_Directions for this task_.
Write out all the data again, exactly as it stands.

Exercise inputs Start Marker

//! The bits of a vector as text, and a vector that is read from one.

ghost use Rattle.std.specs.Prelude.{◌≡◌, ◌≤◌, ◌<◌, Some, IfOk, IfErr, length, map};
ghost use Rattle.std.specs.Fmt.{DisplaysOnOk, WritesOnOk, WritesStyledOnOk};
ghost use Rattle.bitvec.specs.Place.{region_max_bits};
ghost use Rattle.bitvec_slice.specs.SliceText.{digits_text, truths_text, text_bits};
ghost use Rattle.bitvec_slice.specs.TextError.{IsRefusal};
ghost use Rattle.bitvec_vec.specs.FromText.{IsTextRefusal};
ghost use Rattle.bitvec_vec.specs.Front.{front_bits, words_for};

use crate::vec::BitVec;
use crate::vec::front::span_of_front;
use bitvec::mem::BitRegister;
use bitvec::order::{BitOrder, Lsb0};
use bitvec::ptr::span::BitSpan;
use bitvec_slice::slice::{BitSliceMut, TextError};
use std::alloc::{AllocError, Allocator};
use std::error::Error;
use std::fmt;

/// Why a text is not read as a vector. Not in the Rust crate.
#[derive(Clone, Copy, PartialEq, Eq, Debug, Drop)]
pub enum FromTextError {
    /// The place of the first character that is neither `0` nor `1`, counted from zero.
    NotADigit(usize),
    /// Memory is refused, or the text has more than 2305843009213693951 characters.
    NoMemory,
}

/// Which character is no digit, or that there is no memory, whatever the caller's flags.
impl fmt::Display for FromTextError {
    ghost use Rattle.bitvec_vec.specs.FromText.{unread_text};

    ghost output = { λ error. Some (unread_text error) };

    ghost styled_output = { λ error _. Some (unread_text error) };

    fn fmt<W: fmt::Write>(&self, f: &mut fmt::Formatter<W>) -> fmt::Result {
        match *self {
            FromTextError::NotADigit(at) => fmt::Display::fmt(&TextError::NotADigit(at), f),
            FromTextError::NoMemory => f.write_str("there is no memory"),
        }
    }
}

impl Error for FromTextError {}

/// A `1` or a `0` for each bit, in order, and nothing between them, whatever the caller's flags:
/// the text of their slice. Costs by bits. In the Rust crate it is the list that `Debug` is here.
impl<R: BitRegister, O: BitOrder<R>, A: Allocator> fmt::Display for BitVec<R, O, A> {
    ghost use Rattle.bitvec_vec.specs.BitVec.{vec_bits};

    ghost output = { λ vec. Some (digits_text (vec_bits vec)) };

    ghost styled_output = { λ vec _. Some (digits_text (vec_bits vec)) };

    fn fmt<W: fmt::Write>(&self, f: &mut fmt::Formatter<W>) -> fmt::Result {
        fmt::Display::fmt(&self.as_bitslice(), f)
    }
}

/// The text of the bits' slice. Costs by bits.
impl<R: BitRegister, O: BitOrder<R>, A: Allocator> fmt::Binary for BitVec<R, O, A> {
    ghost use Rattle.bitvec_vec.specs.BitVec.{vec_bits};

    fn fmt<W: fmt::Write>(&self, f: &mut fmt::Formatter<W>) -> fmt::Result
        ensures writes { WritesOnOk W.write_str_gives f.old result
            (digits_text (vec_bits self.now)) f.new }
        ensures styled { WritesStyledOnOk W.write_str_gives f.old result
            (digits_text (vec_bits self.now)) f.new }
    {
        fmt::Binary::fmt(&self.as_bitslice(), f)
    }
}

/// The text of the bits' slice. Costs by bits.
impl<R: BitRegister, O: BitOrder<R>, A: Allocator> fmt::Debug for BitVec<R, O, A> {
    ghost use Rattle.bitvec_vec.specs.BitVec.{vec_bits};

    ghost debug_output = { λ vec. Some (truths_text (vec_bits vec)) };

    fn fmt<W: fmt::Write>(&self, f: &mut fmt::Formatter<W>) -> fmt::Result
        ensures writes { DisplaysOnOk W.write_str_gives f.old result
            (Some (truths_text (vec_bits self.now))) f.new }
        ensures styled { WritesStyledOnOk W.write_str_gives f.old result
            (truths_text (vec_bits self.now)) f.new }
    {
        fmt::Debug::fmt(&self.as_bitslice(), f)
    }
}

// Makes the first `len` bits of some words those of a text of `len` zeros and ones.
fn put_text<R: BitRegister, O: BitOrder<R>>(
    words: &mut [R],
    len: usize,
    text: &str,
) -> Result<(), TextError>
    requires short { len ≤ region_max_bits }
    requires room { words_for R.BITS len ≤ length words.old }
    ensures bits { IfOk result (λ _. front_bits R.BITS O.at_of len (map R.number words.new)
        ≡ text_bits text.now) }
    ensures text { IfOk result (λ _. digits_text (text_bits text.now) ≡ text.now) }
    ensures refused { IfErr result (IsRefusal len text.now) }
{
    let span: BitSpan<R, O> = span_of_front(len);
    let mut bits = BitSliceMut::new_unchecked(span, words);
    bits.copy_from_text(text)
}

// Why a text is refused where there is no memory for its bits: its first character that is no
// digit, or else the memory.
fn refusal(text: &str) -> FromTextError
    requires { 0 < length text.now }
    ensures { IsTextRefusal text.now result }
{
    let span: BitSpan<u8, Lsb0> = span_of_front(0);
    let mut bits = BitSliceMut::new_unchecked(span, &mut []);
    match bits.copy_from_text(text) {
        Err(TextError::NotADigit(at)) => FromTextError::NotADigit(at),
        Ok(()) | Err(TextError::OtherLength(_)) => FromTextError::NoMemory,
    }
}

impl<R: BitRegister, O: BitOrder<R>, A: Allocator> BitVec<R, O, A> {
    ghost use Rattle.bitvec_vec.specs.BitVec.{vec_bits};

    /// The bits of a text of zeros and ones, in order, so that its `Display` is the text.
    ///
    /// It refuses a text with another character, and says which is the first, whatever memory there
    /// is. It refuses one of zeros and ones alone where memory is refused. An empty text takes no
    /// memory, and is never refused. Costs by the text's characters. Not in the Rust crate, whose
    /// macro `bitvec!` reads such a list.
    ///
    /// # Examples
    ///
    /// ```
    /// let bits = BitVec::<u8, Msb0>::from_text(rt.alloc(), "001011")?;
    /// assert_eq!(rt; bits.len(), 6);
    /// assert_eq!(rt; bits.get(2), Some(true));
    /// assert_eq!(rt; format!(in rt.alloc(); "{bits}")?.as_str(), "001011");
    /// match BitVec::<u8, Msb0>::from_text(rt.alloc(), "01x1") {
    ///     Ok(_) => assert!(rt; false),
    ///     Err(error) => assert_eq!(rt; error, FromTextError::NotADigit(2)),
    /// }
    /// ```
    pub fn from_text(alloc: A, text: &str) -> Result<Self, FromTextError>
        ensures bits { IfOk result (λ vec. vec_bits vec ≡ text_bits text.now) }
        ensures text { IfOk result (λ vec. digits_text (vec_bits vec) ≡ text.now) }
        ensures refused { IfErr result (IsTextRefusal text.now) }
    {
        let mut vec: BitVec<R, O, A> = match BitVec::repeat(alloc, false, text.len()) {
            Ok(vec) => vec,
            Err(_) => return Err(refusal(text)),
        };
        let len = vec.len;
        match put_text::<R, O>(vec.words.as_mut_slice(), len, text) {
            Ok(()) => Ok(vec),
            Err(TextError::NotADigit(at)) => Err(FromTextError::NotADigit(at)),
            Err(TextError::OtherLength(_)) => Err(FromTextError::NoMemory),
        }
    }
}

Exercise inputs End Marker

_Completed task_.
//! The bits of a vector as text, and a vector that is read from one.

ghost use Rattle.std.specs.Prelude.{◌≡◌, ◌≤◌, ◌<◌, Some, IfOk, IfErr, length, map};
ghost use Rattle.std.specs.Fmt.{DisplaysOnOk, WritesOnOk, WritesStyledOnOk};
ghost use Rattle.bitvec.specs.Place.{region_max_bits};
ghost use Rattle.bitvec_slice.specs.SliceText.{digits_text, truths_text, text_bits};
ghost use Rattle.bitvec_slice.specs.TextError.{IsRefusal};
ghost use Rattle.bitvec_vec.specs.FromText.{IsTextRefusal};
ghost use Rattle.bitvec_vec.specs.Front.{front_bits, words_for};

use crate::vec::BitVec;
use crate::vec::front::span_of_front;
use bitvec::mem::BitRegister;
use bitvec::order::{BitOrder, Lsb0};
use bitvec::ptr::span::BitSpan;
use bitvec_slice::slice::{BitSliceMut, TextError};
use std::alloc::{AllocError, Allocator};
use std::error::Error;
use std::fmt;

/// Why a text is not read as a vector. Not in the Rust crate.
#[derive(Clone, Copy, PartialEq, Eq, Debug, Drop)]
pub enum FromTextError {
    /// The place of the first character that is neither `0` nor `1`, counted from zero.
    NotADigit(usize),
    /// Memory is refused, or the text has more than 2305843009213693951 characters.
    NoMemory,
}

/// Which character is no digit, or that there is no memory, whatever the caller's flags.
impl fmt::Display for FromTextError {
    ghost use Rattle.bitvec_vec.specs.FromText.{unread_text};

    ghost output = { λ error. Some (unread_text error) };

    ghost styled_output = { λ error _. Some (unread_text error) };

    fn fmt<W: fmt::Write>(&self, f: &mut fmt::Formatter<W>) -> fmt::Result {
        match *self {
            FromTextError::NotADigit(at) => fmt::Display::fmt(&TextError::NotADigit(at), f),
            FromTextError::NoMemory => f.write_str("there is no memory"),
        }
    }
}

impl Error for FromTextError {}

/// A `1` or a `0` for each bit, in order, and nothing between them, whatever the caller's flags:
/// the text of their slice. Costs by bits. In the Rust crate it is the list that `Debug` is here.
impl<R: BitRegister, O: BitOrder<R>, A: Allocator> fmt::Display for BitVec<R, O, A> {
    ghost use Rattle.bitvec_vec.specs.BitVec.{vec_bits};

    ghost output = { λ vec. Some (digits_text (vec_bits vec)) };

    ghost styled_output = { λ vec _. Some (digits_text (vec_bits vec)) };

    fn fmt<W: fmt::Write>(&self, f: &mut fmt::Formatter<W>) -> fmt::Result {
        fmt::Display::fmt(&self.as_bitslice(), f)
    }
}

/// The text of the bits' slice. Costs by bits.
impl<R: BitRegister, O: BitOrder<R>, A: Allocator> fmt::Binary for BitVec<R, O, A> {
    ghost use Rattle.bitvec_vec.specs.BitVec.{vec_bits};

    fn fmt<W: fmt::Write>(&self, f: &mut fmt::Formatter<W>) -> fmt::Result
        ensures writes { WritesOnOk W.write_str_gives f.old result
            (digits_text (vec_bits self.now)) f.new }
        ensures styled { WritesStyledOnOk W.write_str_gives f.old result
            (digits_text (vec_bits self.now)) f.new }
    {
        fmt::Binary::fmt(&self.as_bitslice(), f)
    }
}

/// The text of the bits' slice. Costs by bits.
impl<R: BitRegister, O: BitOrder<R>, A: Allocator> fmt::Debug for BitVec<R, O, A> {
    ghost use Rattle.bitvec_vec.specs.BitVec.{vec_bits};

    ghost debug_output = { λ vec. Some (truths_text (vec_bits vec)) };

    fn fmt<W: fmt::Write>(&self, f: &mut fmt::Formatter<W>) -> fmt::Result
        ensures writes { DisplaysOnOk W.write_str_gives f.old result
            (Some (truths_text (vec_bits self.now))) f.new }
        ensures styled { WritesStyledOnOk W.write_str_gives f.old result
            (truths_text (vec_bits self.now)) f.new }
    {
        fmt::Debug::fmt(&self.as_bitslice(), f)
    }
}

// Makes the first `len` bits of some words those of a text of `len` zeros and ones.
fn put_text<R: BitRegister, O: BitOrder<R>>(
    words: &mut [R],
    len: usize,
    text: &str,
) -> Result<(), TextError>
    requires short { len ≤ region_max_bits }
    requires room { words_for R.BITS len ≤ length words.old }
    ensures bits { IfOk result (λ _. front_bits R.BITS O.at_of len (map R.number words.new)
        ≡ text_bits text.now) }
    ensures text { IfOk result (λ _. digits_text (text_bits text.now) ≡ text.now) }
    ensures refused { IfErr result (IsRefusal len text.now) }
{
    let span: BitSpan<R, O> = span_of_front(len);
    let mut bits = BitSliceMut::new_unchecked(span, words);
    bits.copy_from_text(text)
}

// Why a text is refused where there is no memory for its bits: its first character that is no
// digit, or else the memory.
fn refusal(text: &str) -> FromTextError
    requires { 0 < length text.now }
    ensures { IsTextRefusal text.now result }
{
    let span: BitSpan<u8, Lsb0> = span_of_front(0);
    let mut bits = BitSliceMut::new_unchecked(span, &mut []);
    match bits.copy_from_text(text) {
        Err(TextError::NotADigit(at)) => FromTextError::NotADigit(at),
        Ok(()) | Err(TextError::OtherLength(_)) => FromTextError::NoMemory,
    }
}

impl<R: BitRegister, O: BitOrder<R>, A: Allocator> BitVec<R, O, A> {
    ghost use Rattle.bitvec_vec.specs.BitVec.{vec_bits};

    /// The bits of a text of zeros and ones, in order, so that its `Display` is the text.
    ///
    /// It refuses a text with another character, and says which is the first, whatever memory there
    /// is. It refuses one of zeros and ones alone where memory is refused. An empty text takes no
    /// memory, and is never refused. Costs by the text's characters. Not in the Rust crate, whose
    /// macro `bitvec!` reads such a list.
    ///
    /// # Examples
    ///
    /// ```
    /// let bits = BitVec::<u8, Msb0>::from_text(rt.alloc(), "001011")?;
    /// assert_eq!(rt; bits.len(), 6);
    /// assert_eq!(rt; bits.get(2), Some(true));
    /// assert_eq!(rt; format!(in rt.alloc(); "{bits}")?.as_str(), "001011");
    /// match BitVec::<u8, Msb0>::from_text(rt.alloc(), "01x1") {
    ///     Ok(_) => assert!(rt; false),
    ///     Err(error) => assert_eq!(rt; error, FromTextError::NotADigit(2)),
    /// }
    /// ```
    pub fn from_text(alloc: A, text: &str) -> Result<Self, FromTextError>
        ensures bits { IfOk result (λ vec. vec_bits vec ≡ text_bits text.now) }
        ensures text { IfOk result (λ vec. digits_text (vec_bits vec) ≡ text.now) }
        ensures refused { IfErr result (IsTextRefusal text.now) }
    {
        let mut vec: BitVec<R, O, A> = match BitVec::repeat(alloc, false, text.len()) {
            Ok(vec) => vec,
            Err(_) => return Err(refusal(text)),
        };
        let len = vec.len;
        match put_text::<R, O>(vec.words.as_mut_slice(), len, text) {
            Ok(()) => Ok(vec),
            Err(TextError::NotADigit(at)) => Err(FromTextError::NotADigit(at)),
            Err(TextError::OtherLength(_)) => Err(FromTextError::NoMemory),
        }
    }
}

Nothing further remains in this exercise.